_ABOUT THIS TASK:_ Copy, exactly and without additions, every line in the records below from the one holding "the answer exactly" through the one holding "-> Result<Counts, Answered>", both ends included.

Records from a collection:
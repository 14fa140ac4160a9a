//! The calls by which a heap is set up, and what is read of an arena.
ghost use Rattle.std.specs.Prelude.{◌≡◌, ◌<◌, true};
ghost use Rattle.atomic_table.specs.Seated.{TableId};
ghost use Rattle.space_model.specs.Purging.{is_purgeable};
ghost use Rattle.space_model.specs.Settings.{is_decay_time};
ghost use Rattle.heap_runs.specs.Heaps.{CallDid, MayCall, shelf_id};
ghost use Rattle.heap_runs.specs.Settings.{HasCounted, box_at, creating, with_box};
ghost use Rattle.heap_runs.specs.declared.heaps.Ctx.{Ctx};

use crate::heaps::{Boxes, Ctx, SharedHeap};
use call_plan::{Answered, Given, Request};
use deeds::Doing;
use hook_api::{ExtentHooks, SharedShelf};
use space_model::{Counts, DIRTY_MS, MUZZY_MS, Op, Reply, Rest};
use std::alloc::{AllocError as NoMemory, Global};
use std::sync::Wait;

/// The boxes of all arenas, once one was created, or not, as the answer says.
fn with_box(mut boxes: Boxes, box_no: u32, answer: &Answered) -> Boxes
    ensures { result ≡ with_box box_no answer.now boxes }
{
    match *answer {
        Answered::Ok(Given::Arena(index)) => {
            if index < 32 {
                boxes[index as usize] = Some(box_no);
            }
            boxes
        }
        _ => boxes,
    }
}

impl SharedHeap {
    /// `arenas.create`: an arena that asks the box with this number, from a moment in nanoseconds on. Its decay times are 10000 ms
    /// for dirty extents and 0 ms for muzzy ones.
    pub fn create<R: Wait, H: ExtentHooks>(
        &mut self,
        rt: &R,
        alloc: Global,
        shelf: &SharedShelf<H>,
        ctx: &mut Ctx,
        box_no: u32,
        now: u64,
    ) -> Answered
        requires may { MayCall (shelf_id shelf.now) self.old ctx.old }
        requires inside { box_no < 32 }
        ensures may { MayCall (shelf_id shelf.now) self.new ctx.new }
        ensures called { CallDid shelf.now self.old ctx.old ctx.new (creating box_no now) result }
        ensures others { (shelf : TableId) (other : Ctx) → MayCall shelf self.old other → MayCall shelf self.new other }
        ensures boxes { self.new.boxes ≡ with_box box_no result self.old.boxes }
    {
        let request = Request::Create {
            box_no,
            dirty_ms: DIRTY_MS,
            muzzy_ms: MUZZY_MS,
            now,
        };
        let answer = self.call(rt, alloc, shelf, ctx, &request);
        self.boxes = with_box(self.boxes, box_no, &answer);
        answer
    }

    /// `thread.arena`: the client allocates from the arena with this index from now on.
    pub fn bind<R: Wait, H: ExtentHooks>(
        &self,
        rt: &R,
        alloc: Global,
        shelf: &SharedShelf<H>,
        ctx: &mut Ctx,
        arena: u32,
    ) -> Answered
        requires may { MayCall (shelf_id shelf.now) self.now ctx.old }
        ensures may { MayCall (shelf_id shelf.now) self.now ctx.new }
        ensures called { CallDid shelf.now self.now ctx.old ctx.new (Request.Bind arena) result }
    {
        self.call(rt, alloc, shelf, ctx, &Request::Bind { arena })
    }

    /// `arena.<i>.dirty_decay_ms` or `arena.<i>.muzzy_decay_ms`: the decay time of the arena's dirty or muzzy extents in
    /// milliseconds, from -1, for never, to 1000000000, at a moment in nanoseconds.
    pub fn set_time<R: Wait, H: ExtentHooks>(
        &self,
        rt: &R,
        alloc: Global,
        shelf: &SharedShelf<H>,
        ctx: &mut Ctx,
        arena: u32,
        rest: Rest,
        ms: i64,
        now: u64,
    ) -> Answered
        requires may { MayCall (shelf_id shelf.now) self.now ctx.old }
        requires time { is_decay_time ms ≡ true }
        requires rest { is_purgeable rest ≡ true }
        ensures may { MayCall (shelf_id shelf.now) self.now ctx.new }
        ensures called { CallDid shelf.now self.now ctx.old ctx.new (Request.Time arena rest ms now) result }
    {
        let request = Request::Time {
            arena,
            rest,
            ms,
            now,
        };
        self.call(rt, alloc, shelf, ctx, &request)
    }

    /// The box that the arena with this index asks: 0 for arena 0, and for another one that which `create` gave it. `None` is exactly
    /// where the arena was never created. Waits for nobody, and takes no memory.
    pub fn box_no(&self, arena: u32) -> Option<u32>
        ensures { result ≡ box_at self.now.boxes arena }
    {
        *self.boxes.get(arena as usize)?
    }

    /// The counts of an arena (`stats.arenas.<i>` in the manual), as a turn of the client finds them. `NoArena` is the answer exactly
    /// where the arena isn't live at that turn or its index isn't below 32, and `NoMemory` where the turn finds no memory.
    pub fn counts<R: Wait, H: ExtentHooks>(
        &self,
        rt: &R,
        shelf: &SharedShelf<H>,
        ctx: &mut Ctx,
        arena: u32,
    ) -> Result<Counts, Answered>
        requires may { MayCall (shelf_id shelf.now) self.now ctx.old }
        ensures may { MayCall (shelf_id shelf.now) self.now ctx.new }
        ensures same { (ctx.new.desk ≡ ctx.old.desk) × (ctx.new.seat ≡ ctx.old.seat) }
        ensures counted { HasCounted shelf.now self.now arena ctx.old ctx.new result }
    {
        if arena >= 32 {
            return Err(Answered::NoArena(arena));
        }
        let doing = Doing {
            op: Op::Counts,
            asked: None,
        };
        let place = arena as usize;
        match self.locks[place].turn(rt, &mut ctx.passes[place], doing) {
            Ok(told) => match told.reply {
                Reply::Counted(counts) => Ok(*counts.get()),
                _ => Err(Answered::NoArena(arena)),
            },
            Err(NoMemory) => Err(Answered::NoMemory),
        }
    }
}
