//! Laws of heaps that threads shared, as contracts of functions that do nothing.
ghost use Rattle.heap_runs.specs.Legal.{JournalsAreLegal, PhasesAddUp};

/// In the journal that a closed heap left of an arena, just the turns of its clients' calls stand, those of each client in the order of
/// its calls, each with the reply that its place in the journal gives it, and no entry of anybody else.
pub fn journals_are_legal<H>()
    ensures { JournalsAreLegal H }
{}

/// A client that carried requests out, and then others, carried all of them out, one behind the other.
pub fn phases_add_up<H>()
    ensures { PhasesAddUp H }
{}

_EXERCISE ANSWER:_
    /// The counts of an arena (`stats.arenas.<i>` in the manual), as a turn of the client finds them. `NoArena` is the answer exactly
    /// where the arena isn't live at that turn or its index isn't below 32, and `NoMemory` where the turn finds no memory.
    pub fn counts<R: Wait, H: ExtentHooks>(
        &self,
        rt: &R,
        shelf: &SharedShelf<H>,
        ctx: &mut Ctx,
        arena: u32,
    ) -> Result<Counts, Answered>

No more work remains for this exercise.